Meaningfulness derived from others
So where does meaningfulness come from ? It comes from the person whom you are doing something for. It must be great to be a plumber. People are happy when you show up. People are thankful that you have solved the problem. There is relevance.The same goes for teaching. Isn’t it great that you give your kids into the hands of a teacher when they are about 6 years old and that 6 months later they are able to read and write ? This is a great achievement. Parents should be thankful. I can draw up a list of professions that are very meaningful to people and society, even when they are not very popular. Judges, policemen, the men that collect the garbage, the nurse in a ward for the terminally ill, …
De Botton also describes the jobs of accountants and auditors. Someone states that without audits capitalism would not be possible. Auditing is a very peculiar profession. When the Sarbanes-Oxley (Sox) law came into place there was a massive increase of the audits being performed in companies.
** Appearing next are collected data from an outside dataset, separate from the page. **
//! The instructions of a body's commands.

ghost use Rattle.std.specs.Prelude.{◌≡◌, ◌+◌, ◌≤◌, ◌++◌, length, OnOk};
ghost use Rattle.loop_ir.specs.Plain.{block_of};
ghost use Rattle.loop_ir.specs.Costs.{body_cost};
ghost use Rattle.loop_ir.specs.Limits.{IsSmall};
ghost use Rattle.uprog_gen.specs.Code.{row_space, register, index_in, place_ref, code_ref};
ghost use Rattle.uprog_gen.specs.Code.{code_uop, body_uops};

use faults::keep;
use loop_ir::{Body, Place, Space, Sub, place_at};
use mig_graph::NoMemory;
use row_alloc::{BodyCmd, BodyRef};
use uprog_code::{RowRef, RowSpace, Uop};

/// The space of a row. What stands in cells has none, and is given a bit's.
fn row_space(space: Space) -> RowSpace
    ensures { result ≡ row_space space }
{
    match space {
        Space::Result => RowSpace::Result,
        Space::Source => RowSpace::Source,
        Space::ScratchBit => RowSpace::ScratchBit,
        Space::ScratchWord => RowSpace::ScratchWord,
        Space::Cells => RowSpace::ScratchBit,
    }
}

/// The register that the subscript names; 8 stands for the number 0.
fn register(s: Sub) -> u8
    ensures { result ≡ register s }
{
    match s {
        Sub::Register(r) => if r < 8 { r } else { 8 },
        Sub::Zero | Sub::Inner | Sub::InnerDown => 8,
    }
}

fn index_in(space: Space, index: u8) -> u8
    ensures { result ≡ index_in space index }
{
    match space {
        Space::Result => index,
        Space::Source => index,
        Space::ScratchBit => 0,
        Space::ScratchWord => index,
        Space::Cells => 0,
    }
}

fn place_ref(place: Place) -> RowRef
    ensures { result ≡ place_ref place }
{
    RowRef {
        space: row_space(place.space),
        which: place.which,
        index: index_in(place.space, register(place.sub)),
    }
}

fn fixed_row(space: RowSpace, which: u8) -> RowRef
    ensures { result ≡ record { space = space; which = which; index = 0 } }
{
    RowRef {
        space,
        which,
        index: 0,
    }
}

/// A body's row in the code.
fn row_ref(body: &Body, row: BodyRef) -> RowRef
    ensures { result ≡ code_ref (block_of body.now) row }
{
    match row {
        BodyRef::B(k) => fixed_row(RowSpace::B, k),
        BodyRef::C(k) => fixed_row(RowSpace::C, k),
        BodyRef::In(k) => place_ref(place_at(&body.reads, k as usize)),
        BodyRef::Out(k) => place_ref(place_at(&body.writes, k as usize)),
        BodyRef::Spill(k) => fixed_row(RowSpace::Spill, k),
    }
}

/// A body's command in the code.
fn uop_of(body: &Body, cmd: BodyCmd) -> Uop
    ensures { result ≡ code_uop (block_of body.now) cmd }
{
    match cmd {
        BodyCmd::Aap(x, y) => Uop::Aap(row_ref(body, x), row_ref(body, y)),
        BodyCmd::Ap(x) => Uop::Ap(row_ref(body, x)),
    }
}

/// The commands that the body carries.
pub fn push_commands(code: &mut Vec<Uop>, body: &Body) -> Result<(), NoMemory>
    requires { IsSmall (block_of body.now) }
    ensures emits { OnOk result (code.new.items ≡ code.old.items
        ++ body_uops (block_of body.now)) }
    ensures short { OnOk result (length code.new.items
        ≤ length code.old.items + body_cost (block_of body.now)) }
{
    for cmd in &body.found {
        keep(code, uop_of(body, *cmd))?;
    }
    Ok(())
}
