//! Readers and writers, taken to their ends.

ghost use Rattle.std.specs.Prelude.{◌≡◌, ◌<◌, ◌≤◌, ◌++◌, length, IfOk, IsErrOf};
ghost use Rattle.std.specs.Bool.{OnTrue, OnFalse};
ghost use Rattle.std.specs.Io.KnownBytes.{Appends, Consumes, IsAtEnd};
ghost use Rattle.host_edge.specs.Views.{Known, AppendsPart};

use crate::answer::LoadNo;
use faults::raised;
use std::alloc::Global;
use std::io::{ErrorKind, Read, Write};

/// Whether all the bytes were written. If not, a prefix of them was.
pub(crate) fn write_whole<W: Write>(out: &mut W, bytes: &[u8]) -> bool
    ensures all { OnTrue result (Known (λ old new. new ≡ old ++ bytes.now) (W.contents out.old)
        (W.contents out.new)) }
    ensures part { OnFalse result (Known (AppendsPart bytes.now) (W.contents out.old)
        (W.contents out.new)) }
{
    let mut rest = bytes;
    for _ in 0..u64::MAX {
        if rest.is_empty() {
            return true;
        }
        match out.write(rest) {
            Ok(0) => return false,
            Ok(n) => rest = &rest[n..],
            Err(e) => {
                if e.kind() != ErrorKind::Interrupted {
                    return false;
                }
            }
        }
    }
    false
}

/// How many bytes the reader gave, and all that it gives up to its end, if they are at most
/// `limit`.
pub(crate) fn read_whole<R: Read>(
    reader: &mut R,
    limit: u64,
    alloc: Global,
) -> (u64, Result<Vec<u8>, LoadNo>)
    ensures within { IfOk result.1 (λ bytes. length bytes.items ≤ limit) }
    ensures bytes { IfOk result.1 (λ bytes. Consumes (R.remaining reader.old)
        (R.remaining reader.new) bytes.items × IsAtEnd (R.remaining reader.new)) }
    ensures taken { IfOk result.1 (λ bytes. result.0 ≡ length bytes.items) }
    ensures too_long { IsErrOf result.1 LoadNo.TooLong → limit < result.0 }
{
    let mut bytes = Vec::new(alloc);
    let mut taken = 0;
    let mut piece = [0u8; 65536];
    for _ in 0..u64::MAX {
        match reader.read(&mut piece) {
            Ok(0) => return (taken, Ok(bytes)),
            Ok(n) => {
                taken = raised(taken, n as u64);
                if limit < taken {
                    return (taken, Err(LoadNo::TooLong));
                }
                if bytes.extend_from_slice(&piece[..n]).is_err() {
                    return (taken, Err(LoadNo::NoMemory));
                }
            }
            Err(e) => {
                if e.kind() != ErrorKind::Interrupted {
                    return (taken, Err(LoadNo::Failed));
                }
            }
        }
    }
    (taken, Err(LoadNo::Failed))
}
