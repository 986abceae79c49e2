//! The heads of entries.

ghost use Rattle.std.specs.Prelude.{◌≡◌, map};
ghost use Rattle.std.specs.Option.{option_map};
ghost use Rattle.op_text.specs.declared.tree.Param.{Param as Parameter};
ghost use Rattle.op_text.specs.Language.{statement, operation};
ghost use Rattle.op_text.specs.Scratch.{bits_inside, words_inside, need_inside, greatest};
ghost use Rattle.op_rules.specs.Meets.{OperationMeets};
ghost use Rattle.uprog_code.specs.Shape.{shape_of};
ghost use Rattle.uprog_code.specs.Texts.{op_shape};
ghost use Rattle.uprog_gen.specs.Layout.{IsLayoutMap};

use arrayvec::ArrayVec;
use loop_ir::NameMap;
use op_text::{Kind, Op, Param, Stmt, bits_inside, words_inside};
use uprog_code::Head;

/// Scratch that is needed beside the names: single rows, and words.
#[derive(Clone, Copy)]
struct Need {
    bits: u16,
    words: u16,
}

/// What a statement needs inside.
fn need_of(s: &Stmt) -> Need
    ensures bits { result.bits ≡ need_inside bits_inside (statement s.now) }
    ensures words { result.words ≡ need_inside words_inside (statement s.now) }
{
    match s {
        Stmt::Word { op, .. } => Need {
            bits: bits_inside(*op),
            words: words_inside(*op),
        },
        Stmt::Serial { .. } => Need { bits: 0, words: 0 },
    }
}

/// The most that a statement needs inside.
fn most_needed(body: &[Stmt]) -> Need
    ensures bits { result.bits
        ≡ greatest (map (need_inside bits_inside) (map statement body.now)) }
    ensures words { result.words
        ≡ greatest (map (need_inside words_inside) (map statement body.now)) }
{
    let mut most = Need { bits: 0, words: 0 };
    for s in body {
        let own = need_of(s);
        most.bits = most.bits.max(own.bits);
        most.words = most.words.max(own.words);
    }
    most
}

fn kind_of_second(second: &Option<Param>) -> Option<Kind>
    ensures { result ≡ option_map (λ (p : Parameter). p.kind) second.now }
{
    match second {
        Some(param) => Some(param.kind),
        None => None,
    }
}

/// What an operation is called, takes and gives, and its scratch: the rows that have names, and
/// after them as many as the neediest statement needs inside.
pub fn head_of(op: &Op, names: &NameMap) -> Head
    requires meets { OperationMeets (operation op.now) }
    requires names { IsLayoutMap (operation op.now) names.now }
    ensures name { result.name ≡ op.now.name }
    ensures shape { shape_of result ≡ op_shape (operation op.now) }
{
    let mut sources = ArrayVec::new();
    for param in &op.params {
        sources.push(param.kind);
    }
    let most = most_needed(&op.body);
    Head {
        name: op.name.copied(),
        sources,
        result: op.result.kind,
        second: kind_of_second(&op.second),
        bits: names.free_bit + most.bits as u8,
        words: names.free_word + most.words as u8,
    }
}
The tasks of those additional audits is to check on the governance, avoid scandals like Enron and detect risks as early as possible. Did it help ? No it did not. Fraud is still out there. Madoff was found out only years after Sox came into action. And he was only caught because of the real estate crisis that launched the biggest post-war financial crisis. He could not keep up the facade and no governing body had seen it coming. So is auditing meaningful ? Is it more meaningful than teaching children to read and write ? I cannot judge.
Again, where does the meaningfulness come from ? To me it comes from someone else but you. If you think what you do is meaningful, but you’re the only one, you might have a problem. The undiscovered artist that gets no acclaim could say that the whole world is wrong. Or he could decide to work for people who don’t know his work yet. But he’s working for an audience, even when it’s a virtual or future one.

Van Gogh

Portrait of Van Gogh

Van Gogh did not sell much during his lifetime. He was not rich when he died. He had only one big fan, his brother. Who did he paint for ? Was what he did meaningful, or mad ?
Meaningfulness and meaningful work is the key to engagement.